If you’re invited into an Italian home for lunch or dinner, you’re likely to find it a fairly relaxed occasion that may include all or just some of the courses listed below – though you can expect it to be lengthy and copious.

As in many other countries, it’s polite in Italy to bring a bottle of wine or dessert to dinner in someone’s house; if in doubt, ask what your hosts would like.

Without further ado, here’s what you can expect from a full Italian dinner.


The antipasto (‘before-meal’) is the starter course.

Its remit is pretty broad, and might include anything from bruschetta to salad to a cheese or meat platter. If you’re in someone’s home, you might be served olives or savoury snacks such as taralli.

While you’ve probably heard of the tradition of the pre-dinner aperitivo drink and snack, this is separate from the dinner itself, and usually takes place in bars or cafes rather than in restaurants or homes.

READ ALSO: Reader question: What time do people eat dinner in Italy?

Primo piatto

A primo is a carb-based dish: almost always pasta, though it could also be risotto, gnocchi or polenta.

In line with the cucina povera, which describes the make-do cooking of poverty-stricken rural Italy in decades gone by, this dish serves to fill the diner up before moving on to a smaller (more expensive) protein course.

Because of this, while you might find small amounts of meat or fish in Italian primi in the form of guanciale in your carbonara or minced beef in your ragù sauce, you won’t be served large quantities of meat with your primo.

Polpette, or meatballs, are a separate second course, and you’ll never come across a chicken-based pasta dish in Italy.

READ ALSO: OPINION: Why do Italians get so angry if you mess with classic recipes?

Secondo piatto

The secondo is, as its name suggests, your second main dish – usually meat or fish, though most restaurants will offer at least one vegetarian option in the form of something like an aubergine parmigiana.

If you want to round it out, you can order one or more contorni – side plates of salad or vegetables.

Italian restaurants will provide both primo and secondo options, but these days most places won’t expect you to order both, and it’s fine for one person to order a primo and the other a secondo to arrive at the same time.


Once the secondo is over, it’s time for dessert.

The type of dolce you’re offered will likely vary depending on region, but the list commonly includes cantucci biscuits to be dipped in vin santo dessert wine, panna cotta, a crostata tart, and, of course, tiramisù.

If you’ve got a hankering for gelato, you’re probably best off heading out to one of the many gelaterie that populate the piazzas and streets Italian towns, where you’ll have access to a wide range of flavours.

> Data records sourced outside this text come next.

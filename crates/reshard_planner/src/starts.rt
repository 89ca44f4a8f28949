ghost use Rattle.std.specs.Prelude.{◌≡◌, ℕ, suc, ◌≤◌, ◌<◌, List, drop, length};
ghost use Rattle.reshard_planner.specs.Starts.{IsAhead, Spans};

use key_slots::{NodeId, SLOTS, Slot};

/// Slots that follow one another and have one owner.
#[derive(Clone, Copy)]
pub(crate) struct OwnedSlots {
    /// The first slot.
    pub(crate) first: u16,
    /// The number after the last slot.
    pub(crate) end: u16,
    pub(crate) owner: NodeId,
}

/// The range that begins at this place, up to the start of the next one.
pub(crate) fn range_at(starts: &[(Slot, NodeId)], place: usize) -> OwnedSlots
    requires { place < length starts.now }
    ensures within { result.end ≤ 16384 }
    ensures first { (from : ℕ) (owners : List ℕ) → Spans from 16384 (drop place starts.now) owners
        → result.first ≡ from }
    ensures ahead { (from : ℕ) (owners : List ℕ) → Spans from 16384 (drop place starts.now) owners
        → IsAhead (drop (suc place) starts.now) owners from result.end result.owner }
{
    let (first, owner) = starts[place];
    let end = if place + 1 < starts.len() {
        starts[place + 1].0.get()
    } else {
        SLOTS as u16
    };
    OwnedSlots {
        first: first.get(),
        end,
        owner,
    }
}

READ ALSO: The must-try foods from every region of Italy


Next comes the caffè, which in Italy is an espresso – definitely not a cappuccino or caffè latte, which are strictly breakfast drinks, though you might get away with asking for a splash of milk and making yours a caffè macchiato.

It might seem unwise to consume caffeine at the end of the evening, but you can always order a caffè decaffeinato (usually shortened to deca), and its effects are at any rate tempered by what follows:


At the very end of the night, you’ll likely be offered a bitter amaro liqueur or some other spirit-based digestivo (some restaurants will bring these for free along with the bill).

This could also be a distilled liquor grappa, or if you’re further south, a sweet limoncello.

Taken straight after or along with your coffee, these after-dinner drinks are known in Italy as an ammazzacaffè – literally, a coffee-killer, for its dampening effect on the caffeine.

Congratulations, you’ve made it to the end of an Italian meal! Now you just have to roll yourself off your chair or sofa and make your way home, where you’ll spend a good portion of the following day digesting your meal.